這麼一想,那日那個偽裝成自己親兵的刺客也就解釋的通了。
胡旺興心中雖亂,但麵色如常。
“都是大人神機妙算,下官又哪裏做了什麼事。”
韓忠彥微笑著道:“胡大人不必謙虛。誰有功誰有過,本官心裏清楚得很。好了,事情本官也講完了,胡大人便在府中安養身體吧。不必送了。”
待韓忠彥走的遠了,胡旺興趕忙從床上爬起,衣冠不整的出了府門。
韓忠彥在一個拐角處親眼看著胡旺興出了門,微微一笑,揮手示意幾名手下跟了上去,才優哉遊哉的回了自己的府上。
“上鉤了?”韓浩問道。
韓忠彥點了點頭。
韓浩道:“既然火已經點燃,那我也該去準備準備,為這場大火再加一把柴火了。”
胡旺興來到揚州西城一處酒樓前,四下看看無人,急忙走了進去。
“小二,老地方。”
店小二看了一眼他,笑道:“好嘞客觀,您樓上請。”
胡旺興輕車熟路的上了二樓,入了一處較為偏僻的包房。不過他顯然沒有注意到,酒樓的角落坐著一個人,不聲不響的喝著悶酒。那是一個渾身裹在黑袍下的怪人。

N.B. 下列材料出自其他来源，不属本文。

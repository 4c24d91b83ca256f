// A book is found in a frame, and read word by word.
ghost use Rattle.std.specs.Prelude.{◌≡◌, ◌<◌, ◌≤◌, true, length, drop, IfOk, if◌then◌else◌, Some, None, nat_lt};
ghost use Rattle.words.specs.Records.{member_word};
ghost use Rattle.words.specs.Runs.{seen_book, words_left};
ghost use Rattle.words.specs.Books.{book_sound, has_word, members_before, read_book, rules_before, word_of, words_in, words_of};

use crate::book_run::BookRun;
use crate::book_run::check::{tally_words, wrong_word};
use crate::book_run::words::Words;
use crate::fault::WordFault;
use crate::in_word::InWord;
use crate::member::Member;
use crate::tally::Tally;
use crate::word::{WORD_LEN, word_at};

impl<'a> BookRun<'a> {
    // The book that begins at the octet `at` of a frame and ends with it.
    pub fn read(frame: &'a [u8], at: usize) -> Result<BookRun<'a>, WordFault>
        ensures reads { seen_book result ≡ read_book frame.now at }
        ensures place { IfOk result (λ b. b.place ≡ at) }
    {
        let octets = frame.get(at..).unwrap_or(&[]);
        match wrong_word(octets) {
            None => Ok(BookRun { octets, place: at }),
            Some(k) => Err(WordFault {
                place: at + WORD_LEN * k,
            }),
        }
    }

    pub fn words(&self) -> usize
        ensures { result ≡ words_in self.now.octets.now }
    {
        self.octets.len() / WORD_LEN
    }

    // Its words, in their order.
    pub fn iter(&self) -> Words<'a>
        ensures words { words_left result ≡ words_of self.now.octets.now }
        ensures count { length (words_left result) ≡ words_in self.now.octets.now }
    {
        Words::of(self.octets)
    }

    pub fn word(&self, k: usize) -> Option<u32>
        ensures { result ≡ (if nat_lt k (words_in self.now.octets.now) then Some (word_of self.now.octets.now k) else None) }
    {
        word_at(self.octets, WORD_LEN.checked_mul(k)?)
    }

    // How many members and rules it has.
    pub fn tally(&self) -> Tally
        ensures members { result.members ≡ members_before self.now.octets.now (words_in self.now.octets.now) }
        ensures rules { result.rules ≡ rules_before self.now.octets.now (words_in self.now.octets.now) }
    {
        tally_words(self.octets)
    }

    // Whether the octets are a book.
    pub fn is_sound(&self) -> bool
        ensures sound { result ≡ book_sound self.now.octets.now }
        ensures few { result ≡ true → length self.now.octets.now ≤ 860 }
    {
        wrong_word(self.octets).is_none()
    }

    // Whether the member stands in the book exactly so.
    pub fn has(&self, member: &Member) -> bool
        ensures { result ≡ has_word self.now.octets.now (member_word member.now) }
    {
        let sought = member.to_word();
        self.iter().any(|w| w == sought)
    }
}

房中也有一個人,一個微微發福的中年人。一副富商打扮,手中拿著一把小巧玲瓏的玉刀,不緊不慢的剔著指甲。
胡旺興看到他,急忙行了個禮:“旺興見過玉先生。先生近日可安好。”
被稱作玉先生的中年人卻不理會他,仍然在不緊不慢的,剔著指甲。
可他越是不作聲色,胡旺興就越是緊張不安。漸漸地胡旺興已經汗流浹背。
玉先生終於抬起了頭。
可他的語氣卻是那麼的冷,冷的就好似他手中的那塊玉:“胡旺興。你居然還有膽子來見我。”
胡旺興一聽,嚇得渾身一哆嗦,口中道:“玉先生,這次的事情和我無關啊。”
玉先生道:“哦?無關?浪滔滔也已經見過我了。他告訴我說是你設計將他引到運河,並且派人殺了他的兒子。”
胡旺興直接跪在了地上:“玉先生!您不能隻聽那浪滔滔的一麵之詞啊。此事另有內情,您且聽我一言。”
“哦?你說。”
胡旺興鬆了口氣,低著頭道:“玉先生,小人也是被人所騙啊。前日京城來了位上差,是他吩咐我去運送糧食的。可誰知此人陰險狡詐,運糧食是假,他早已在運河四周埋伏重兵,實則是要講浪幫主的巨鯨幫一網打盡。這都是他的陰謀詭計,小人是真的不知情啊。”
“而且小人推斷,一定是有內奸將消息送給了浪滔滔幫主,才造成現在這個局麵的,請玉先生明察。”
玉先生點了點頭,道:“嗯。你說的很好。的確是有內奸。你說,對於這個內奸,我們應該怎麼處置呢?”
胡旺興大喜,道:“當然是斬草除根。”
玉先生笑著道:“好。那就斬草除根吧。”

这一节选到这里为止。